→ **WHAT YOU ARE ASKED TO DO**:
Collect each line of the entries that holds the string "aligned".

[Start of section]

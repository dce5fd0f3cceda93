//! The operations of instructions on the word of one state. Instructions are written once, over any kind of word: `fingerprints` computes on the words
//! of eight states side by side.

use crate::words::Word;
use word_bits::{Shift, Sum, shift_c};

/// The word stands for one state, whatever its number.
impl Word for u32 {
    type Flag = bool;

    type Sum = Sum;

    type Moved = (u32, bool);

    ghost number = { λ x i. x };

    ghost is_set = { λ c i. c };

    ghost sum_in = { λ s i. s };

    ghost moved_in = { λ m i. m };

    #[inline(always)]
    fn same(word: u32) -> u32 {
        word
    }

    #[inline(always)]
    fn flag(set: bool) -> bool {
        set
    }

    #[inline(always)]
    fn not(self) -> u32 {
        !self
    }

    #[inline(always)]
    fn and(self, other: u32) -> u32 {
        self & other
    }

    #[inline(always)]
    fn or(self, other: u32) -> u32 {
        self | other
    }

    #[inline(always)]
    fn xor(self, other: u32) -> u32 {
        self ^ other
    }

    #[inline(always)]
    fn multiplied(self, other: u32) -> u32 {
        self.wrapping_mul(other)
    }

    #[inline(always)]
    fn low_byte(self) -> u32 {
        self % 256
    }

    #[inline(always)]
    fn low_half(self) -> u32 {
        self % 65536
    }

    #[inline(always)]
    fn aligned(self) -> u32 {
        self / 4 * 4
    }

    #[inline(always)]
    fn add_with_carry(self, other: u32, carry: bool) -> Sum {
        word_bits::add_with_carry(self, other, carry)
    }

    #[inline(always)]
    fn sum_value(sum: Sum) -> u32 {
        sum.value
    }

    #[inline(always)]
    fn lsl(self, amount: u32) -> (u32, bool) {
        shift_c(Shift::Lsl, self, amount, false)
    }

    #[inline(always)]
    fn lsr(self, amount: u32) -> (u32, bool) {
        shift_c(Shift::Lsr, self, amount, false)
    }

    #[inline(always)]
    fn asr(self, amount: u32) -> (u32, bool) {
        shift_c(Shift::Asr, self, amount, false)
    }

    #[inline(always)]
    fn shift(self, kind: Shift, amount: u32, carry: bool) -> (u32, bool) {
        shift_c(kind, self, amount, carry)
    }

    #[inline(always)]
    fn moved_value(moved: (u32, bool)) -> u32 {
        moved.0
    }

    #[inline(always)]
    fn sign_extend(self, bits: u32) -> u32 {
        word_bits::sign_extend(self, bits)
    }

    #[inline(always)]
    fn rev(self) -> u32 {
        word_bits::rev(self)
    }

    #[inline(always)]
    fn rev16(self) -> u32 {
        word_bits::rev16(self)
    }

    #[inline(always)]
    fn revsh(self) -> u32 {
        word_bits::revsh(self)
    }
}
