//! What an instruction that looks at registers and flags alone does to any file of registers: windows, the machine and `fingerprints` share it.
ghost use Rattle.std.specs.Prelude.{◌≡◌, ℕ, ◌<◌, ◌≤◌, true, false};
ghost use Rattle.word_bits.specs.Word.{shift_of};
ghost use Rattle.thumb_instr.specs.Window.{named, AreBelow};
ghost use Rattle.thumb_model.specs.Effect.{assigned, written_to, c_flag, result_outputs, shift_outputs, sum_outputs, three_sum, right_shift, extension_of, reversal_of, two_outputs, byte_outputs, after};
ghost use Rattle.window_exec.specs.Computes.{computes};

use crate::register_file::RegisterFile;
use crate::words::Word;
use thumb_instr::{ByteOperation, Extension, Instr, Operation, Reversal, Right, SumOperation};
use word_bits::Shift;

/// What a register holds after a word was written to it: the two low bits of sp, which is register 13, stay zero.
#[inline(always)]
pub fn written<W: Word>(register: u32, word: W) -> W
    ensures { (i : ℕ) → W.number result i ≡ written_to register (W.number word i) }
{
    if register == 13 { word.aligned() } else { word }
}

/// Whether an instruction looks at the registers that it names and at flags alone, and goes on.
pub fn computes(instr: &Instr) -> bool
    ensures { result ≡ computes instr.now }
{
    match instr {
        Instr::Mov { .. } => true,
        Instr::Three { .. } => true,
        Instr::Two { .. } => true,
        Instr::Movs { .. } => true,
        Instr::ShiftLeft { .. } => true,
        Instr::ShiftRight { .. } => true,
        Instr::ThreeNumber { .. } => true,
        Instr::TwoNumber { .. } => true,
        Instr::Add { .. } => true,
        Instr::Compare { .. } => true,
        Instr::Extend { .. } => true,
        Instr::Reverse { .. } => true,
        _ => false,
    }
}

/// Does an instruction that looks only at flags and at the registers which it names, and goes on, in each state. The file must have these registers.
#[inline(always)]
pub fn compute<F: RegisterFile>(file: &mut F, instr: &Instr)
    requires computes { computes instr.now ≡ true }
    requires registers { AreBelow F.count (named instr.now) }
    ensures { (i : ℕ) → F.values file.new i ≡ after instr.now (F.values file.old i) }
{
    match *instr {
        Instr::Mov { target, source } => {
            let word = file.register(source.number);
            file.set_register(target.number, written(target.number, word));
        }
        Instr::Three {
            sum,
            target,
            left,
            right,
        } => {
            let x = file.register(left.number);
            let y = file.register(right.number);
            set_sum(file, target.number, three(sum, x, y));
        }
        Instr::Two {
            operation,
            target,
            other,
        } => {
            let x = file.register(target.number);
            let y = file.register(other.number);
            two(file, operation, target.number, x, y);
        }
        Instr::Movs { target, source } => {
            let x = file.register(source.number);
            set_result(file, target.number, x);
        }
        Instr::ShiftLeft {
            target,
            source,
            amount,
        } => {
            let x = file.register(source.number);
            set_shift(file, target.number, x.lsl(amount.number));
        }
        Instr::ShiftRight {
            shift,
            target,
            source,
            amount,
        } => {
            let x = file.register(source.number);
            set_shift(file, target.number, right(shift, x, amount.number));
        }
        Instr::ThreeNumber {
            sum,
            target,
            source,
            number,
        } => {
            let x = file.register(source.number);
            let y = F::Value::same(number.number);
            set_sum(file, target.number, three(sum, x, y));
        }
        Instr::TwoNumber {
            operation,
            target,
            number,
        } => {
            let x = file.register(target.number);
            let y = F::Value::same(number.number);
            byte(file, operation, target.number, x, y);
        }
        Instr::Add { registers } => {
            let x = file.register(registers.target.number);
            let y = file.register(registers.source.number);
            let word = total(SumOperation::Add, x, y);
            file.set_register(
                registers.target.number,
                written(registers.target.number, word),
            );
        }
        Instr::Compare { registers } => {
            let x = file.register(registers.left.number);
            let y = file.register(registers.right.number);
            file.set_sum_flags(three(SumOperation::Sub, x, y));
        }
        Instr::Extend {
            extension,
            target,
            source,
        } => {
            let x = file.register(source.number);
            file.set_register(target.number, extended(extension, x));
        }
        Instr::Reverse {
            reversal,
            target,
            source,
        } => {
            let x = file.register(source.number);
            file.set_register(target.number, reversed(reversal, x));
        }
        _ => unreachable!(),
    }
}

/// Puts a result into a register, and sets N and Z by it.
#[inline(always)]
fn set_result<F: RegisterFile>(file: &mut F, target: u32, value: F::Value)
    requires { target < F.count }
    ensures { (i : ℕ) → F.values file.new i ≡ assigned (result_outputs target (F.Value.number value i)) (F.values file.old i) }
{
    file.set_result_flags(value);
    file.set_register(target, value);
}

/// Puts the value of a shift into a register, sets N and Z by it, and C to the last bit that was shifted out.
#[inline(always)]
fn set_shift<F: RegisterFile>(file: &mut F, target: u32, moved: <F::Value as Word>::Moved)
    requires { target < F.count }
    ensures { (i : ℕ) → F.values file.new i ≡ assigned (shift_outputs target (F.Value.moved_in moved i)) (F.values file.old i) }
{
    file.set_shift_flags(moved);
    file.set_register(target, F::Value::moved_value(moved));
}

/// Puts a sum into a register, and sets all flags by it.
#[inline(always)]
fn set_sum<F: RegisterFile>(file: &mut F, target: u32, sum: <F::Value as Word>::Sum)
    requires { target < F.count }
    ensures { (i : ℕ) → F.values file.new i ≡ assigned (sum_outputs target (F.Value.sum_in sum i)) (F.values file.old i) }
{
    file.set_sum_flags(sum);
    file.set_register(target, F::Value::sum_value(sum));
}

/// A sum or a difference of two values.
#[inline(always)]
fn three<W: Word>(sum: SumOperation, x: W, y: W) -> W::Sum
    ensures { (i : ℕ) → W.sum_in result i ≡ three_sum sum (W.number x i) (W.number y i) }
{
    match sum {
        SumOperation::Add => x.add_with_carry(y, W::flag(false)),
        SumOperation::Sub => x.add_with_carry(y.not(), W::flag(true)),
    }
}

/// The low 32 bits of a sum or a difference.
#[inline(always)]
pub fn total<W: Word>(sum: SumOperation, x: W, y: W) -> W
    ensures { (i : ℕ) → W.number result i ≡ (three_sum sum (W.number x i) (W.number y i)).value }
{
    W::sum_value(three(sum, x, y))
}

/// A shift right of a value by an amount that isn't 0.
#[inline(always)]
fn right<W: Word>(shift: Right, x: W, amount: u32) -> W::Moved
    requires some { 1 ≤ amount }
    requires most { amount ≤ 32 }
    ensures { (i : ℕ) → W.moved_in result i ≡ shift_of (right_shift shift) (W.number x i) amount false }
{
    match shift {
        Right::Lsr => x.lsr(amount),
        Right::Asr => x.asr(amount),
    }
}

/// A byte or a halfword, extended to a word.
#[inline(always)]
fn extended<W: Word>(extension: Extension, x: W) -> W
    ensures { (i : ℕ) → W.number result i ≡ extension_of extension (W.number x i) }
{
    match extension {
        Extension::Sxth => x.sign_extend(16),
        Extension::Sxtb => x.sign_extend(8),
        Extension::Uxth => x.low_half(),
        Extension::Uxtb => x.low_byte(),
    }
}

/// The bytes in another order.
#[inline(always)]
fn reversed<W: Word>(reversal: Reversal, x: W) -> W
    ensures { (i : ℕ) → W.number result i ≡ reversal_of reversal (W.number x i) }
{
    match reversal {
        Reversal::Rev => x.rev(),
        Reversal::Rev16 => x.rev16(),
        Reversal::Revsh => x.revsh(),
    }
}

/// An operation on the values `x` of its target and `y` of the other register.
#[inline(always)]
fn two<F: RegisterFile>(file: &mut F, operation: Operation, target: u32, x: F::Value, y: F::Value)
    requires { target < F.count }
    ensures { (i : ℕ) → F.values file.new i ≡ assigned (two_outputs operation target (F.Value.number x i) (F.Value.number y i) (F.values file.old i c_flag)) (F.values file.old i) }
{
    let c = file.carry();
    match operation {
        Operation::And => set_result(file, target, x.and(y)),
        Operation::Eor => set_result(file, target, x.xor(y)),
        Operation::Lsl => set_shift(file, target, x.shift(Shift::Lsl, y.low_byte(), c)),
        Operation::Lsr => set_shift(file, target, x.shift(Shift::Lsr, y.low_byte(), c)),
        Operation::Asr => set_shift(file, target, x.shift(Shift::Asr, y.low_byte(), c)),
        Operation::Adc => set_sum(file, target, x.add_with_carry(y, c)),
        Operation::Sbc => set_sum(file, target, x.add_with_carry(y.not(), c)),
        Operation::Ror => set_shift(file, target, x.shift(Shift::Ror, y.low_byte(), c)),
        Operation::Tst => file.set_result_flags(x.and(y)),
        Operation::Rsb => {
            let sum = y
                .not()
                .add_with_carry(F::Value::same(0), F::Value::flag(true));
            set_sum(file, target, sum);
        }
        Operation::Cmp => file.set_sum_flags(three(SumOperation::Sub, x, y)),
        Operation::Cmn => file.set_sum_flags(three(SumOperation::Add, x, y)),
        Operation::Orr => set_result(file, target, x.or(y)),
        Operation::Mul => set_result(file, target, y.multiplied(x)),
        Operation::Bic => set_result(file, target, x.and(y.not())),
        Operation::Mvn => set_result(file, target, y.not()),
    }
}

/// An operation on the value `x` of its target and a number.
#[inline(always)]
fn byte<F: RegisterFile>(
    file: &mut F,
    operation: ByteOperation,
    target: u32,
    x: F::Value,
    number: F::Value,
)
    requires { target < F.count }
    ensures { (i : ℕ) → F.values file.new i ≡ assigned (byte_outputs operation target (F.Value.number x i) (F.Value.number number i)) (F.values file.old i) }
{
    match operation {
        ByteOperation::Mov => set_result(file, target, number),
        ByteOperation::Cmp => file.set_sum_flags(three(SumOperation::Sub, x, number)),
        ByteOperation::Add => set_sum(file, target, three(SumOperation::Add, x, number)),
        ByteOperation::Sub => set_sum(file, target, three(SumOperation::Sub, x, number)),
    }
}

[End of section]

→ **THE COMPLETED TASK**:
    fn aligned(self) -> u32 {
    if register == 13 { word.aligned() } else { word }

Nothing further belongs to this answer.